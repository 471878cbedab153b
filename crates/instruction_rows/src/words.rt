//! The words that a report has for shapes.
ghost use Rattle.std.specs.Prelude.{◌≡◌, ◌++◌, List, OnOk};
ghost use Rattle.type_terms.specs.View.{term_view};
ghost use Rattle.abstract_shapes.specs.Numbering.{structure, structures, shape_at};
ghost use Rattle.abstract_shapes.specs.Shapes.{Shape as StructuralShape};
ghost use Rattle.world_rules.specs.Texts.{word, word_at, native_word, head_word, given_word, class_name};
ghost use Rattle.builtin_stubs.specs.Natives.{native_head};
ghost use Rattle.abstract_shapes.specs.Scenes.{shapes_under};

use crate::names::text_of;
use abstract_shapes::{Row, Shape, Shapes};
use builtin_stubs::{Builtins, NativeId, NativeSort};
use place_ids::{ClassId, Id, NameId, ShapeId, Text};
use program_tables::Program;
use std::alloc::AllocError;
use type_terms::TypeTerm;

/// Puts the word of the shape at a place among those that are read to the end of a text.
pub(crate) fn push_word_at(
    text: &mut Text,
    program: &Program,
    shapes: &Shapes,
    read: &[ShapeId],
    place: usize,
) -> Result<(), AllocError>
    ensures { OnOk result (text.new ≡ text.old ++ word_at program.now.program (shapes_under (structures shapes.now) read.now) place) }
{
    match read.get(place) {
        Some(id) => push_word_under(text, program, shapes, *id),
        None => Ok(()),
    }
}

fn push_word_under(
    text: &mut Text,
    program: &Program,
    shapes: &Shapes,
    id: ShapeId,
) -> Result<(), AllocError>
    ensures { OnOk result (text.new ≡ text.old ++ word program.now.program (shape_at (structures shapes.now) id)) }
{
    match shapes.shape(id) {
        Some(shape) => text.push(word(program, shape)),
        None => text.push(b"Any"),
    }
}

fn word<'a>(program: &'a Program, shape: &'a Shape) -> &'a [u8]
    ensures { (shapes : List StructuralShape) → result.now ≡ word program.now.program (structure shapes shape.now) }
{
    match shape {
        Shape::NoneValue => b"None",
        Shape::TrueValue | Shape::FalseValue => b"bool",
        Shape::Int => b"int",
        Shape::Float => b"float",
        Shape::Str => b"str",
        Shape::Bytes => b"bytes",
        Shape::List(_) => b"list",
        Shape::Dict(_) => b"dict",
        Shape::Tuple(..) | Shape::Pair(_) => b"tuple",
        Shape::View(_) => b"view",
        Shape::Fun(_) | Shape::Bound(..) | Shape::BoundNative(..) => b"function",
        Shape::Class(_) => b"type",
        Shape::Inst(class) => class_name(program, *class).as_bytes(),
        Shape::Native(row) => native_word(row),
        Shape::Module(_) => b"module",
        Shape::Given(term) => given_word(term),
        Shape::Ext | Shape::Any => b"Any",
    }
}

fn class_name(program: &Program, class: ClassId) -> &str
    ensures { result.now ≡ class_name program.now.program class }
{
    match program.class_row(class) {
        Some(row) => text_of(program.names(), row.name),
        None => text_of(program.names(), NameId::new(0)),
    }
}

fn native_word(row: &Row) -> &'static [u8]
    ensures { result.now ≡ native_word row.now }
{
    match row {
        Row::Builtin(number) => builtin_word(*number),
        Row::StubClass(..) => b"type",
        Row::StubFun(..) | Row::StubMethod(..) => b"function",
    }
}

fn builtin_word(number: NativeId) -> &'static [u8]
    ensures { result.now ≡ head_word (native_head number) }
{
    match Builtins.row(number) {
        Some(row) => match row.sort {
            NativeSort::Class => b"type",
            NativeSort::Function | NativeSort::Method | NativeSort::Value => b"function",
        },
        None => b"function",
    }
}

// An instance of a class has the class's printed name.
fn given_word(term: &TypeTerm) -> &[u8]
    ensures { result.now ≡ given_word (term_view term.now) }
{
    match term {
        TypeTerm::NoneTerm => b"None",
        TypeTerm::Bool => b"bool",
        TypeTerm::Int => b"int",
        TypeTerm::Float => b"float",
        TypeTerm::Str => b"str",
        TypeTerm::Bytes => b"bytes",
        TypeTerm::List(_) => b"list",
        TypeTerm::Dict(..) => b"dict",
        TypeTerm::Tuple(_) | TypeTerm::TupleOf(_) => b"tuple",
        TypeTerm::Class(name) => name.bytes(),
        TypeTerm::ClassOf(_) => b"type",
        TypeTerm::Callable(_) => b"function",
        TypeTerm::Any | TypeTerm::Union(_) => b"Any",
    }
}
--
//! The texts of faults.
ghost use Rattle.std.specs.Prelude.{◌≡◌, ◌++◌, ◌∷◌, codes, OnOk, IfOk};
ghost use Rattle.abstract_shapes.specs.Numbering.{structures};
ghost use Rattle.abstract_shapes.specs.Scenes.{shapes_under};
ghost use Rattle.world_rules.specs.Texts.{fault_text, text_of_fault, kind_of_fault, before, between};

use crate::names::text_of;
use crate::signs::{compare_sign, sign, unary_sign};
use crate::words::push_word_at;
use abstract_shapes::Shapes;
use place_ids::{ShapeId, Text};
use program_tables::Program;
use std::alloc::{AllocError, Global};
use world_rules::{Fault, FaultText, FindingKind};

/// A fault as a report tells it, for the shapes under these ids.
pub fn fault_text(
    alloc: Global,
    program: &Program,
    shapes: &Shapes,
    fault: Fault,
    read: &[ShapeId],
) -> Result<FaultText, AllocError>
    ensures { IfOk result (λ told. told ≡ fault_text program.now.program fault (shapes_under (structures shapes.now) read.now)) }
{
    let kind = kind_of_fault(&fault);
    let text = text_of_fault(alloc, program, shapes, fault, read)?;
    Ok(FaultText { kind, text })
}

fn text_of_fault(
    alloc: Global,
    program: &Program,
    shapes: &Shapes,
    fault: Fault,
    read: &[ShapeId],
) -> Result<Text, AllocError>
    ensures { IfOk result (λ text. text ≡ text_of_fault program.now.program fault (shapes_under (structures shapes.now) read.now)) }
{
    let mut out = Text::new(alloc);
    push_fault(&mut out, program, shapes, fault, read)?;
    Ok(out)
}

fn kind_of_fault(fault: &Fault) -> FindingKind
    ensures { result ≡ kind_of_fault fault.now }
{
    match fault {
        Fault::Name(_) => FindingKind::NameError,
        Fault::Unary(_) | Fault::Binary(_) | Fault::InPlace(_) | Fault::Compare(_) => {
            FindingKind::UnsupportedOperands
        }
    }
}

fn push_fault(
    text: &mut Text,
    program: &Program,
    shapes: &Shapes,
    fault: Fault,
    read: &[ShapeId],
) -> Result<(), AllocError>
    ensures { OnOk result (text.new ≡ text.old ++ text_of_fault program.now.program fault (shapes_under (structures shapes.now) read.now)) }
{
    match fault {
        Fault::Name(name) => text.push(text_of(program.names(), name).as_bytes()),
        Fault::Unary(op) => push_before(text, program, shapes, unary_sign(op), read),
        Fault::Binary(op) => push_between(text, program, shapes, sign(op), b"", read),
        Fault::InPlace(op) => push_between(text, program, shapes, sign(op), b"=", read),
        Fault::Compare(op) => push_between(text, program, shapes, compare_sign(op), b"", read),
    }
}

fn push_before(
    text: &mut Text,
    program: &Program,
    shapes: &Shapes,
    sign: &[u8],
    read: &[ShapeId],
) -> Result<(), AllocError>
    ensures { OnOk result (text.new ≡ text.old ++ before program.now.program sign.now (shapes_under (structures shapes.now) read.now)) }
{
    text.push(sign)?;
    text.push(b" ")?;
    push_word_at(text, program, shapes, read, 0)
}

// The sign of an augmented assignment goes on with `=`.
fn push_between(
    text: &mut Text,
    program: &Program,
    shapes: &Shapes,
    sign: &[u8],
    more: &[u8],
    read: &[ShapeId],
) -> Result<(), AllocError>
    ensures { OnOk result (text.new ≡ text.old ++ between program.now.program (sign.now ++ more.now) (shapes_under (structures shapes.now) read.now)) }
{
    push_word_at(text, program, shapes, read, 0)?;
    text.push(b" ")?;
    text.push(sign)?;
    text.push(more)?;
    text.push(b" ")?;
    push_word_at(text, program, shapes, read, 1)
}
* * *
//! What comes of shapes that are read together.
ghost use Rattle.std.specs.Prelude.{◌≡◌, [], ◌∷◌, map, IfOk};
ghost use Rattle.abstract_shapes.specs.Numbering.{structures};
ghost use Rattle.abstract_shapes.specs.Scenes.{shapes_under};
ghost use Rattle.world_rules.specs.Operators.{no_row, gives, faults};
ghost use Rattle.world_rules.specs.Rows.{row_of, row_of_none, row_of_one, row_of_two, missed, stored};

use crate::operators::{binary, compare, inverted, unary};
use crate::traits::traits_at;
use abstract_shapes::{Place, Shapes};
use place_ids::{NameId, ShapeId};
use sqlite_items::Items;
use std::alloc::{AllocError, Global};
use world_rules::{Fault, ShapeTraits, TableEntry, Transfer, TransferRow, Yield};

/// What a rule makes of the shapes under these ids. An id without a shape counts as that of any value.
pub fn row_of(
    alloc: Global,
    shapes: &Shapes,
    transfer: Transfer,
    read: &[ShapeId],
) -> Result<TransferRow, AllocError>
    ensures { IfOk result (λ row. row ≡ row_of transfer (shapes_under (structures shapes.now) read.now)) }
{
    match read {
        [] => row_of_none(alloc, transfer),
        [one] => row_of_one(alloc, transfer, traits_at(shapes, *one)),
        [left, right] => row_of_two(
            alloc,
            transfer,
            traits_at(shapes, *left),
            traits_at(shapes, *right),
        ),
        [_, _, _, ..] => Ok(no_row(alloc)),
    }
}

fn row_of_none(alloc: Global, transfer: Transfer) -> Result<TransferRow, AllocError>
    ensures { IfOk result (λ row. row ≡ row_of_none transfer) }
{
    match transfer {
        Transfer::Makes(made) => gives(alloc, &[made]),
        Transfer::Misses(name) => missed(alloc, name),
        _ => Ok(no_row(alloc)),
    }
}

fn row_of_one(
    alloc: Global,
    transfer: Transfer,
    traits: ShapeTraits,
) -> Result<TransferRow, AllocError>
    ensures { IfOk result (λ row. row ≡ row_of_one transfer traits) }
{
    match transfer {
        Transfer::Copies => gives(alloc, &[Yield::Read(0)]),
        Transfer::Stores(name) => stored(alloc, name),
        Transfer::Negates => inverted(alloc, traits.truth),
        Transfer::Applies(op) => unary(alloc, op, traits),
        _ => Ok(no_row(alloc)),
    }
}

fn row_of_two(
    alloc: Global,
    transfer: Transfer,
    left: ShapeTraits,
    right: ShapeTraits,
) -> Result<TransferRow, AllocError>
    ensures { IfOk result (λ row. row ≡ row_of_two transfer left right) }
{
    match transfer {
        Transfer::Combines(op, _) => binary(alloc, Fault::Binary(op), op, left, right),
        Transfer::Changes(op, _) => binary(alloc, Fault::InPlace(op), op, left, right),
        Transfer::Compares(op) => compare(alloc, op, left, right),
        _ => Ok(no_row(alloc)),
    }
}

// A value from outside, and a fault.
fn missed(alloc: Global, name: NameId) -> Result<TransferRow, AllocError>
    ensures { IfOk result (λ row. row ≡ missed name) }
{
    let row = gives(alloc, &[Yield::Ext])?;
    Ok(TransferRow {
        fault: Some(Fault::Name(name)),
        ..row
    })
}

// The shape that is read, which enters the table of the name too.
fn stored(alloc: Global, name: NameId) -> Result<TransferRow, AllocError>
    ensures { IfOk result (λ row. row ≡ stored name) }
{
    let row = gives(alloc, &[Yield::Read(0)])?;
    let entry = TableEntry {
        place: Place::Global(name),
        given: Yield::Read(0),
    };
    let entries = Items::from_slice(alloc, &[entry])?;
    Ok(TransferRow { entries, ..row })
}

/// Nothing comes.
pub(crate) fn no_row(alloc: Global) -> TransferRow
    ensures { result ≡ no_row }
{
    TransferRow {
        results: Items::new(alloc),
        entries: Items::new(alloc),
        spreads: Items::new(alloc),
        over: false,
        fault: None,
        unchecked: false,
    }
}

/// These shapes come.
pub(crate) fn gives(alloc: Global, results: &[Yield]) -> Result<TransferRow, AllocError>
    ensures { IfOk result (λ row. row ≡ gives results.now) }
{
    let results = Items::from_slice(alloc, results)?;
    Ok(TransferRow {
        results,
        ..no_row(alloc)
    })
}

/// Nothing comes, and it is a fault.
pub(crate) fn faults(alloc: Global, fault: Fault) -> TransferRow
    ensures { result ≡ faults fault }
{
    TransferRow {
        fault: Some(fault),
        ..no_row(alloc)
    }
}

• Task
Return each line of the material in which the string "Builtins" can be found.

• Exercise solution
use builtin_stubs::{Builtins, NativeId, NativeSort};
    match Builtins.row(number) {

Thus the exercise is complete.